*Exercise prompt*. Set down all of the data again, character for character.

(Dataset records)
┄┄┄┄┄┄┄┄┄┄

// Writing to standard output, in blocks. Each function answers whether all was written.
// Floats and words apart: one function over both would take the size of an item and what writes it, and be as long as the two.
ghost use Rattle.std.specs.Prelude.{◌≡◌, ◌+◌, ◌≤◌, min, length};

use math::{BoundingBox, Vec3};

// A count as a 32-bit number.
pub(crate) fn count(n: usize) -> u32
    ensures { result ≡ min n 4294967295 }
{
    if n < 4294967295 { n as u32 } else { 4294967295 }
}

pub(crate) fn word(w: u32) -> bool {
    let mut b = [0u8; 4];
    slice_bytes::put_word(&mut b, 0, w);
    io::write_all(1, &b)
}

pub(crate) fn three_words(p: u32, q: u32, r: u32) -> bool {
    let mut b = [0u8; 12];
    slice_bytes::put_word(&mut b, 0, p);
    slice_bytes::put_word(&mut b, 4, q);
    slice_bytes::put_word(&mut b, 8, r);
    io::write_all(1, &b)
}

pub(crate) fn floats(v: &[f64]) -> bool {
    let mut buf = [0u8; 16384];
    for block in v.chunks(2048) {
        let n = 8 * block.len();
        slice_byte_lists::put_floats(block, &mut buf);
        if !io::write_all(1, &buf[..n]) {
            return false;
        }
    }
    true
}

// Writes the bounds of a box: least x, y, z, then greatest x, y, z.
pub(crate) fn bounds(b: BoundingBox) -> bool {
    let low = b.min;
    let high = b.max;
    let six = [low.x, low.y, low.z, high.x, high.y, high.z];
    floats(&six)
}

pub(crate) fn words(v: &[u32]) -> bool {
    let mut buf = [0u8; 16384];
    for block in v.chunks(4096) {
        let n = 4 * block.len();
        slice_byte_lists::put_words(block, &mut buf);
        if !io::write_all(1, &buf[..n]) {
            return false;
        }
    }
    true
}

fn put_vec(b: &mut [u8; 76], at: usize, p: Vec3)
    requires { at + 24 ≤ 76 }
{
    slice_bytes::put_float(b, at, p.x);
    slice_bytes::put_float(b, at + 8, p.y);
    slice_bytes::put_float(b, at + 16, p.z);
}

fn write_measures(b: &[u8; 76]) -> bool {
    io::write_all(1, b)
}

// The answer of the measures: a refusal, three numbers by their bits, and the box.
pub(crate) fn measured(
    why: u32,
    volume: u64,
    enclosed: u64,
    area: u64,
    bounds: BoundingBox,
) -> bool {
    let low = bounds.min;
    let high = bounds.max;
    let mut b = [0u8; 76];
    slice_bytes::put_word(&mut b, 0, why);
    slice_bytes::put_long(&mut b, 4, volume);
    slice_bytes::put_long(&mut b, 12, enclosed);
    slice_bytes::put_long(&mut b, 20, area);
    put_vec(&mut b, 28, low);
    put_vec(&mut b, 52, high);
    write_measures(&b)
}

┄┄┄┄┄┄┄┄┄┄

*Reply to the exercise*.
// Writing to standard output, in blocks. Each function answers whether all was written.
// Floats and words apart: one function over both would take the size of an item and what writes it, and be as long as the two.
ghost use Rattle.std.specs.Prelude.{◌≡◌, ◌+◌, ◌≤◌, min, length};

use math::{BoundingBox, Vec3};

// A count as a 32-bit number.
pub(crate) fn count(n: usize) -> u32
    ensures { result ≡ min n 4294967295 }
{
    if n < 4294967295 { n as u32 } else { 4294967295 }
}

pub(crate) fn word(w: u32) -> bool {
    let mut b = [0u8; 4];
    slice_bytes::put_word(&mut b, 0, w);
    io::write_all(1, &b)
}

pub(crate) fn three_words(p: u32, q: u32, r: u32) -> bool {
    let mut b = [0u8; 12];
    slice_bytes::put_word(&mut b, 0, p);
    slice_bytes::put_word(&mut b, 4, q);
    slice_bytes::put_word(&mut b, 8, r);
    io::write_all(1, &b)
}

pub(crate) fn floats(v: &[f64]) -> bool {
    let mut buf = [0u8; 16384];
    for block in v.chunks(2048) {
        let n = 8 * block.len();
        slice_byte_lists::put_floats(block, &mut buf);
        if !io::write_all(1, &buf[..n]) {
            return false;
        }
    }
    true
}

// Writes the bounds of a box: least x, y, z, then greatest x, y, z.
pub(crate) fn bounds(b: BoundingBox) -> bool {
    let low = b.min;
    let high = b.max;
    let six = [low.x, low.y, low.z, high.x, high.y, high.z];
    floats(&six)
}

pub(crate) fn words(v: &[u32]) -> bool {
    let mut buf = [0u8; 16384];
    for block in v.chunks(4096) {
        let n = 4 * block.len();
        slice_byte_lists::put_words(block, &mut buf);
        if !io::write_all(1, &buf[..n]) {
            return false;
        }
    }
    true
}

fn put_vec(b: &mut [u8; 76], at: usize, p: Vec3)
    requires { at + 24 ≤ 76 }
{
    slice_bytes::put_float(b, at, p.x);
    slice_bytes::put_float(b, at + 8, p.y);
    slice_bytes::put_float(b, at + 16, p.z);
}

fn write_measures(b: &[u8; 76]) -> bool {
    io::write_all(1, b)
}

// The answer of the measures: a refusal, three numbers by their bits, and the box.
pub(crate) fn measured(
    why: u32,
    volume: u64,
    enclosed: u64,
    area: u64,
    bounds: BoundingBox,
) -> bool {
    let low = bounds.min;
    let high = bounds.max;
    let mut b = [0u8; 76];
    slice_bytes::put_word(&mut b, 0, why);
    slice_bytes::put_long(&mut b, 4, volume);
    slice_bytes::put_long(&mut b, 12, enclosed);
    slice_bytes::put_long(&mut b, 20, area);
    put_vec(&mut b, 28, low);
    put_vec(&mut b, 52, high);
    write_measures(&b)
}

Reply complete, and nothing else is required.